# Shoreham Cement Works



## DaveyGTI (Feb 1, 2010)

Shoreham cement works is a chalk quarry and cement plant on the river Adur in W. sussex, visited on a bright but cold sunday morning. There are two sites, orginally linked by conveyer, most of which is now gone, it was built in 1949 and closed in 1991, although the place is still used as storage for lorries and other quarrying machines. only visited the eastern site, will return for the west at some point! Its hard to get across a sense of scale of the place but the rotating kilns (below) are twice the hieght of a person and must be getting on for 1/4 mile long.

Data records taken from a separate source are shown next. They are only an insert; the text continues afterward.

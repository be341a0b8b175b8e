// Where the records of a file stand.
ghost use Rattle.std.specs.Prelude.{◌≡◌, ◌*◌, ◌≤◌};
ghost use Rattle.model.specs.Limits.{most_actions, most_places, given_relations};
ghost use Rattle.drawing.specs.Files.{action_at, rows_length, relation_at, row_at, end_at, longest_file};

use model::limits::GIVEN_RELATIONS;

// The place bytes.
pub const PLACE_BYTES: usize = 16;

// Action i, 20 bytes each.
pub fn action(p: usize, i: usize) -> usize
    requires { (p ≤ most_places) × (i ≤ most_actions) }
    ensures { result ≡ action_at p i }
{
    PLACE_BYTES + p + 20 * i
}

// Bytes of the first a rows of n actions: 8 each up to 64 actions, 16 above.
pub fn rows_length(n: usize, a: usize) -> usize
    requires { a ≤ most_actions }
    ensures { (result ≡ rows_length n a) × (result ≤ 16 * a) }
{
    if rows::WIDTH < n {
        return 16 * a;
    }
    8 * a
}

// Relation k, each a head, its number and n rows.
pub fn relation(n: usize, p: usize, k: usize) -> usize
    requires { (n ≤ most_actions) × (p ≤ most_places) × (k ≤ given_relations) }
    ensures { (result ≡ relation_at n p k) × (result ≤ longest_file) }
{
    action(p, n) + (6 + rows_length(n, n)) * k
}

// Row a of the relation at `at`.
pub fn row(n: usize, at: usize, a: usize) -> usize
    requires { (at ≤ 65536) × (a ≤ most_actions) }
    ensures { result ≡ row_at n at a }
{
    at + 6 + rows_length(n, a)
}

// The end.
pub fn end(n: usize, p: usize) -> usize
    requires { (n ≤ most_actions) × (p ≤ most_places) }
    ensures { (result ≡ end_at n p) × (result ≤ longest_file) }
{
    relation(n, p, GIVEN_RELATIONS)
}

The other odd feature, visible in the last photo is the formations of cement, there are cement stalactites in some places, its like cave formation process speeded up, understandable i guess when cement and limestone are not so disimilar!


----------



## klempner69 (Feb 1, 2010)

*Lush*

Love this set,particularly the second shot..looks like an old b-movie robot!


----------



## sh0wtime (Feb 2, 2010)

i liked the chimney through the broken window, shows some scale of the place 
looks like you had a nice day too


----------



## DaveyGTI (Feb 2, 2010)

yeah we were defo lucky with the weather, i love the vastness of the place, its like something out of a movie, like a cement works in Mad Max would look like!


----------



## loxley (Feb 2, 2010)

great pics i will have to go down there to have a look and take pics . is it easy to get in .


----------



## DaveyGTI (Feb 2, 2010)

yeah if you use your eyes


----------



## loxley (Feb 3, 2010)

great it be my next place to go . have you bin in that big old place along the ridge in hastings . its on the left 
as you go towards ore not sure wot its name is .


----------



## DaveyGTI (Feb 3, 2010)

Hurst court, my report from it is at http://www.derelictplaces.co.uk/main/showthread.php?t=13130&highlight=hurst+court its in the process of being demolished, when i went in they'd just started, not much left of it now


----------



## loxley (Feb 3, 2010)

thats the place . i done some work in there some years ago now . wot a same .


----------